Suara isakan pelan terdengar dari speaker. “Nggak mungkin...” gumam Zia lirih, suaranya hampir tenggelam oleh emosi yang ia coba tahan.

Adira mengeraskan suaranya, memastikan setiap kata sampai dengan jelas. “Dengar baik-baik, Mbak. Suami saya itu sudah memilih saya. Dia bahagia banget sama saya. Jadi, mulai sekarang, stop ganggu dia, ya. Kalau nggak, saya nggak segan-segan lapor polisi. Gangguan seperti ini bisa kena pasal penguntitan, tahu?”

Zia mencoba membalas, tetapi suaranya terdengar lemah. “Kamu pikir kamu...”

“Dan satu lagi,” potong Adira, mengabaikan Zia sepenuhnya, “suami saya itu terlalu lembut buat bilang ini langsung ke kamu. Makanya, saya aja yang kasih tahu. Tapi jangan salah, saya beda. Kalau kamu terus-terusan ganggu, saya nggak akan segan-segan untuk me—”

‘Piiip.’

Telepon itu terputus. Zia menutupnya lebih dulu, mungkin tidak kuat mendengar ancaman Adira yang belum selesai.

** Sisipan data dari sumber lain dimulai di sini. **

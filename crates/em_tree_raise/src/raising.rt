//! Nodes over a list of leaves, level by level, up to a root:
//!
//!     leaves     a b c d e f g
//!     level 1    [a b c] [d e f g]
//!     level 2    [a d]                the root
//!
//! Kept here: each node below the root has f entries or more, and each node fewer than 2·f; the low key of an entry is the first
//! one of the node that it leads to. Left to the tree: what stands in the leaves.

ghost use Rattle.std.specs.Prelude.{◌≡◌, ◌+◌, ◌*◌, ◌/◌, ◌<◌, ◌≤◌, ◌^◌, [], true, IsTrue};
ghost use Rattle.em_record.specs.Shape.{fan_of};
ghost use Rattle.em_space.specs.Rig.{Sound};
ghost use Rattle.em_space.specs.Seen.{seen};
ghost use Rattle.em_chain.specs.Parts.{IsPair};
ghost use Rattle.em_chain.specs.Reader.{IsReader, ReaderHasFrame};
ghost use Rattle.em_chain.specs.Writer.{WriterHasFrame, filled};
ghost use Rattle.em_tree_blocks.specs.Node.{linked_block};
ghost use Rattle.em_tree_raise.specs.Raising.{CanRaise, Raises};
ghost use Rattle.em_tree_raise.specs.Subtrees.{HasLeft};
ghost use Rattle.em_tree_raise.specs.Nodes.{NodeSize, RaisesNodes};
ghost use Rattle.em_tree_raise.specs.Levels.{CanLevel, RaisesFrom, RaisesLevel, WritesLevel};

use crate::filling::{list_node, store_node};
use em_chain::{Chain, Reader, Writer};
use em_frames::Device;
use em_node::Entry;
use em_space::{EmFault, Rig};
use em_tree_walk::Root;

/// Builds the nodes of a tree over a list of leaves, and answers the root. The list's blocks are released, and the blocks
/// of the leaves stay as they are. Four frames must be free.
///
/// At most three blocks are moved for each record of the list, and two more. `Full` comes only if all blocks are in use; over a
/// device that tells only if fewer were free than the list has records. `DeviceFault` comes only if the device's count of
/// faults rose, and `Damaged` only over a device that doesn't tell. After a fault some blocks may stay in use. All frames are
/// back on each way out.
pub fn raise<D: Device>(rig: &mut Rig<'_, D>, list: Chain) -> Result<Root, EmFault>
    requires sound { Sound (seen D.state rig.old) }
    requires can { CanRaise (seen D.state rig.old) list }
    requires free { 4 ≤ (seen D.state rig.old).pool.free }
    ensures { Raises (seen D.state rig.old) (seen D.state rig.new) list result }
{
    raise_from(rig, list, 1)
}

/// The same from a level on, over a list of nodes of the level below.
fn raise_from<D: Device>(rig: &mut Rig<'_, D>, list: Chain, level: u64) -> Result<Root, EmFault>
    requires sound { Sound (seen D.state rig.old) }
    requires can { CanRaise (seen D.state rig.old) list }
    requires level { CanLevel level list.count }
    requires free { 4 ≤ (seen D.state rig.old).pool.free }
    ensures { RaisesFrom (seen D.state rig.old) (seen D.state rig.new) list level result }
{
    let count = list.len() / 2;
    if count < 2 * rig.shape().fan() {
        return raise_root(rig, list, level, count as usize);
    }
    let upper = raise_level(rig, list, level, count)?;
    raise_from(rig, upper, level + 1)
}

/// One node over a whole list.
fn raise_root<D: Device>(
    rig: &mut Rig<'_, D>,
    list: Chain,
    level: u64,
    count: usize,
) -> Result<Root, EmFault>
    requires sound { Sound (seen D.state rig.old) }
    requires can { CanRaise (seen D.state rig.old) list }
    requires level { CanLevel level list.count }
    requires all { count ≡ list.count / 2 }
    requires few { count < 2 * fan_of (seen D.state rig.old).pool.shape }
    requires free { 4 ≤ (seen D.state rig.old).pool.free }
    ensures { RaisesFrom (seen D.state rig.old) (seen D.state rig.new) list level result }
{
    let mut reader = Reader::taking(rig, list);
    let node = store_node(rig, &mut reader, level, count);
    reader.abandon(rig);
    match node {
        Ok(entry) => Ok(root_of(entry, level)),
        Err(fault) => Err(fault),
    }
}

/// The root to which an entry leads.
fn root_of(entry: Entry, level: u64) -> Root
    requires { 1 ≤ entry.child }
    ensures block { result.block ≡ linked_block entry.child }
    ensures level { result.level ≡ level }
{
    Root {
        block: entry.child - 1,
        level,
    }
}

/// The nodes of a level over a list, as a list.
fn raise_level<D: Device>(
    rig: &mut Rig<'_, D>,
    list: Chain,
    level: u64,
    count: u64,
) -> Result<Chain, EmFault>
    requires sound { Sound (seen D.state rig.old) }
    requires can { CanRaise (seen D.state rig.old) list }
    requires level { level ≤ 63 }
    requires all { count ≡ list.count / 2 }
    requires many { 2 * fan_of (seen D.state rig.old).pool.shape ≤ count }
    requires free { 4 ≤ (seen D.state rig.old).pool.free }
    ensures { RaisesLevel (seen D.state rig.old) (seen D.state rig.new) list level result }
{
    let mut reader = Reader::taking(rig, list);
    let upper = write_level(rig, &mut reader, level, count);
    reader.abandon(rig);
    upper
}

/// The same by a reader.
fn write_level<D: Device>(
    rig: &mut Rig<'_, D>,
    list: &mut Reader,
    level: u64,
    count: u64,
) -> Result<Chain, EmFault>
    requires sound { Sound (seen D.state rig.old) }
    requires is { IsReader (seen D.state rig.old) list.old }
    requires taking { list.old.taking ≡ true }
    requires level { level ≤ 63 }
    requires many { fan_of (seen D.state rig.old).pool.shape ≤ count }
    requires few { count ≤ 2 ^ 55 }
    requires left { IsTrue (seen D.state rig.old).device.told
        → HasLeft (seen D.state rig.old) list.old [] count }
    requires free { 2 < (seen D.state rig.old).pool.free }
    ensures reader { ReaderHasFrame (seen D.state rig.new) list.new }
    ensures writes { WritesLevel (seen D.state rig.old) (seen D.state rig.new) list.old list.new
        level count result }
{
    let mut upper = Writer::new(rig);
    match raise_nodes(rig, list, level, count, &mut upper) {
        Ok(()) => upper.finish(rig),
        Err(fault) => {
            upper.abandon(rig);
            Err(fault)
        }
    }
}

/// The same by a reader and a writer.
fn raise_nodes<D: Device>(
    rig: &mut Rig<'_, D>,
    list: &mut Reader,
    level: u64,
    count: u64,
    upper: &mut Writer,
) -> Result<(), EmFault>
    requires sound { Sound (seen D.state rig.old) }
    requires pair { IsPair (seen D.state rig.old) list.old upper.old }
    requires level { level ≤ 63 }
    requires many { fan_of (seen D.state rig.old).pool.shape ≤ count }
    requires left { IsTrue (seen D.state rig.old).device.told
        → HasLeft (seen D.state rig.old) list.old [] count }
    requires count { upper.old.count + count ≤ 2 ^ 56 }
    requires blocks { filled (seen D.state rig.old) upper.old + count ≤ 2 ^ 56 }
    requires free { 1 < (seen D.state rig.old).pool.free }
    ensures reader { ReaderHasFrame (seen D.state rig.new) list.new }
    ensures writer { WriterHasFrame (seen D.state rig.new) upper.new }
    ensures raises { RaisesNodes (seen D.state rig.old) (seen D.state rig.new) list.old list.new
        upper.old upper.new level count result }
{
    let fan = rig.shape().fan();
    let mut left = count;
    while left > 0 {
        let next = node_size(left, fan);
        list_node(rig, list, level, next as usize, upper)?;
        left -= next;
    }
    Ok(())
}

/// How many of `left` subtrees the next node gets: all if they fit into one, else f and a half, and so few that f are left.
fn node_size(left: u64, fan: u64) -> u64
    requires some { fan ≤ left }
    requires low { 2 ≤ fan }
    requires high { fan ≤ 2 ^ 32 }
    ensures { NodeSize fan left result }
{
    if left < 2 * fan {
        return left;
    }
    (fan + fan / 2).min(left - fan)
}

Adira mengangkat alis, menatap layar yang kembali menunjukkan daftar panggilan. “Huh. Akhirnya selesai juga,” gumamnya sambil melipat lengannya.

Saat itulah Teja akhirnya tawa Teja meledak. Ia tertawa keras, sampai harus membungkuk memegangi perutnya. Suaranya memenuhi kabin mobil, membuat Adira melirik dengan kesal.

“Lucu banget ya, Dok?” tanya Adira. Pipinya sedikit memerah karena sadar bahwa Teja mendengar semuanya.

“Mantap. Hahaha!”

Teja terus tertawa selama beberapa menit tanpa henti. Bahkan Adira sempat keluar untuk membeli minuman di minimarket sebelum akhirnya mereka melanjutkan perjalanan.

Ketika ia kembali dengan dua botol air mineral di tangan, Teja masih terkikik kecil. Adira meletakkan salah satu botol di dashboard dengan sedikit kasar. “Minum, Dok. Biar nggak ketawa terus,” katanya sambil membuka botolnya sendiri.

Teja mengambil botol itu sambil tersenyum lebar. “Makasih, Dir.”

Adira mendengus, “Jadi, kita langsung ke rumah sakit kan habis ini?” tanyanya, mencoba mengalihkan pembicaraan.

“Jadwal saya apa saja?” seketika Tedja juga berubah ke mode kerja.

Segera Adira membuka tabletnya, lalu membacakan jadwal yang sudah disusun, “Hari ini ada rapat dengan komite medik dan beberapa direktur, setelah itu kita makan siang bersama dr. Gio yang akan bergabung dengan rumah sakit kita minggu depan.”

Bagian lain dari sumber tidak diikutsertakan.